# Aim of the exercise
Go through the data below and gather each line containing "over".

# Records to process
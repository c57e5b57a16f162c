//! Questions about graphs and dags that are only borrowed, by example.
#![tactic(auto)]

#[cfg(test)]
mod dags;
#[cfg(test)]
mod stores;
#[cfg(test)]
mod support;
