impl<N: Drop, E: Drop, Ix: IndexType, S> Acyclic<N, E, Ix, S>
where
    S: ReadStore<Ix, NodeWeight = N, EdgeWeight = E>,
{
    // An order of its nodes, and scratch that fits searches of any graph with as many slots of nodes:
    // what a copy of it, or of a part of it, has beside its store.
    fn copied_parts(&self) -> Result<(Order<Ix>, Scratch<Ix>), AllocError>
        ensures ordered { IfOk result (λ parts. IsOrderOf self.now.graph parts.0) }
        ensures fits { IfOk result (λ parts. length self.now.graph.nodes ≤ parts.1.nodes) }
    {
        let scratch = scratch_for(self.allocator(), self.guarded.store.node_slots())?;
        let order = self.guarded.order.try_clone()?;
        Ok((order, scratch))
    }

    /// How many nodes there are.
    #[inline]
    pub fn node_count(&self) -> usize
        ensures value { result ≡ node_count_of self.now.graph }
        ensures dag { IsDag Ix.greatest self.now.graph }
        ensures compact { S.KIND ≡ Compact → IsCompact self.now.graph }
    {
        self.guarded.invariant();
        self.guarded.store.node_count()
    }

    /// How many edges there are.
    #[inline]
    pub fn edge_count(&self) -> usize
        ensures value { result ≡ edge_count_of self.now.graph }
        ensures dag { IsDag Ix.greatest self.now.graph }
        ensures compact { S.KIND ≡ Compact → IsCompact self.now.graph }
    {
        self.guarded.invariant();
        self.guarded.store.edge_count()
    }

    /// Whether the index type has an index left for one more node.
    ///
    /// # Examples
    ///
    /// ```
    /// let mut dag: Dag<(), (), u8> = Dag::new(rt.alloc());
    /// for _ in 0..300 {
    ///     if dag.can_add_node() {
    ///         dag.add_node(())?;
    ///     }
    /// }
    /// assert!(rt; dag.node_count() == 255);
    /// ```
    #[inline]
    pub fn can_add_node(&self) -> bool
        ensures { IsTrue result ↔ (node_count_of self.now.graph < Ix.greatest) }
    {
        self.guarded.store.can_add_node()
    }

    /// Whether the index type has an index left for one more edge.
    ///
    /// # Examples
    ///
    /// ```
    /// let mut dag: Dag<&'static str, (), u8> = Dag::new(rt.alloc());
    /// let sow = dag.add_node("sow")?;
    /// let reap = dag.add_node("reap")?;
    /// for _ in 0..300 {
    ///     if dag.can_add_edge() {
    ///         dag.add_edge(sow, reap, ())?;
    ///     }
    /// }
    /// assert!(rt; dag.edge_count() == 255);
    /// ```
    #[inline]
    pub fn can_add_edge(&self) -> bool
        ensures { IsTrue result ↔ (edge_count_of self.now.graph < Ix.greatest) }
    {
        self.guarded.store.can_add_edge()
    }

    /// Whether the node exists.
    #[inline]
    pub fn contains_node(&self, n: NodeIndex<Ix>) -> bool
        ensures { IsTrue result ↔ HasNode self.now.graph (Ix.number n) }
    {
        self.guarded.store.contains_node(n)
    }

    /// The weight of a node, or `None` if there is no such node.
    #[inline]
    pub fn node_weight(&self, n: NodeIndex<Ix>) -> Option<&N>
        ensures { option_copied result ≡ weight_at self.now.graph (Ix.number n) }
    {
        self.guarded.store.node_weight(n)
    }

    /// The weight of an edge, or `None` if there is no such edge.
    #[inline]
    pub fn edge_weight(&self, e: EdgeIndex<Ix>) -> Option<&E>
        ensures { option_copied result ≡ edge_weight_at self.now.graph (Ix.number e) }
    {
        self.guarded.store.edge_weight(e)
    }

    /// The parent and the child of an edge, or `None` if there is no such edge.
    #[inline]
    pub fn edge_endpoints(&self, e: EdgeIndex<Ix>) -> Option<(NodeIndex<Ix>, NodeIndex<Ix>)>
        ensures { option_map (pair_of Ix.number) result
            ≡ option_map ends_of (edge_at self.now.graph (Ix.number e)) }
    {
        self.guarded.store.edge_endpoints(e)
    }

    /// The newest edge from `a` to `b`, or `None` if there is none.
    ///
    /// # Complexity
    ///
    /// O(children of `a`).
    ///
    /// # Examples
    ///
    /// ```
    /// let mut dag: Dag<&'static str, u32> = Dag::new(rt.alloc());
    /// let sow = dag.add_node("sow")?;
    /// let (_, reap) = dag.add_child(sow, 90, "reap")?;
    /// let newest = dag.add_edge(sow, reap, 30)?;
    /// assert!(rt; dag.find_edge(sow, reap) == Some(newest));
    /// assert!(rt; dag.find_edge(reap, sow).is_none());
    /// ```
    pub fn find_edge(&self, a: NodeIndex<Ix>, b: NodeIndex<Ix>) -> Option<EdgeIndex<Ix>>
        ensures found { option_map Ix.number result
            ≡ edge_between self.now.graph (Ix.number a) (Ix.number b) }
        ensures ends { OnSome result
            (HasNode self.now.graph (Ix.number a) × HasNode self.now.graph (Ix.number b)) }
    {
        let store = &self.guarded.store;
        store.invariant();
        store.find_edge(a, b)
    }

    /// A walker over the children of a node, newest edge first. Empty if the node does not exist.
    ///
    /// # Examples
    ///
    /// ```
    /// let mut dag: Dag<&'static str, u32> = Dag::new(rt.alloc());
    /// let sow = dag.add_node("sow")?;
    /// let (days, reap) = dag.add_child(sow, 90, "reap")?;
    /// let mut walker = dag.children(sow);
    /// assert!(rt; walker.walk_next(&dag) == Some((days, reap)));
    /// // The dag is borrowed for a step only, so it can change between two.
    /// let (_, mow) = dag.add_child(sow, 30, "mow")?;
    /// assert!(rt; walker.walk_next(&dag).is_none());
    /// assert!(rt; dag.parents(mow).walk_next(&dag).is_some());
    /// ```
    #[inline]
    pub fn children(&self, n: NodeIndex<Ix>) -> Children<N, E, Ix>
        ensures first { Ix.number result
            ≡ first_of Ix.greatest (out_list self.now.graph (Ix.number n)) }
        ensures whole { rest_of_walk Outgoing self.now.graph (Ix.number result)
            ≡ out_list self.now.graph (Ix.number n) }
        ensures fits { length (rest_of_walk Outgoing self.now.graph (Ix.number result)) < 2 ^ 64 }
    {
        self.guarded.store.invariant();
        Children {
            edge: self.guarded.store.first_edge(n, Direction::Outgoing),
            node_weight: PhantomData,
            edge_weight: PhantomData,
        }
    }

    /// A walker over the parents of a node, newest edge first. Empty if the node does not exist.
    #[inline]
    pub fn parents(&self, n: NodeIndex<Ix>) -> Parents<N, E, Ix>
        ensures first { Ix.number result
            ≡ first_of Ix.greatest (in_list self.now.graph (Ix.number n)) }
        ensures whole { rest_of_walk Incoming self.now.graph (Ix.number result)
            ≡ in_list self.now.graph (Ix.number n) }
        ensures fits { length (rest_of_walk Incoming self.now.graph (Ix.number result)) < 2 ^ 64 }
    {
        self.guarded.store.invariant();
        Parents {
            edge: self.guarded.store.first_edge(n, Direction::Incoming),
            node_weight: PhantomData,
            edge_weight: PhantomData,
        }
    }
}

# Solution
    /// A walker over the children of a node, newest edge first. Empty if the node does not exist.
    /// A walker over the parents of a node, newest edge first. Empty if the node does not exist.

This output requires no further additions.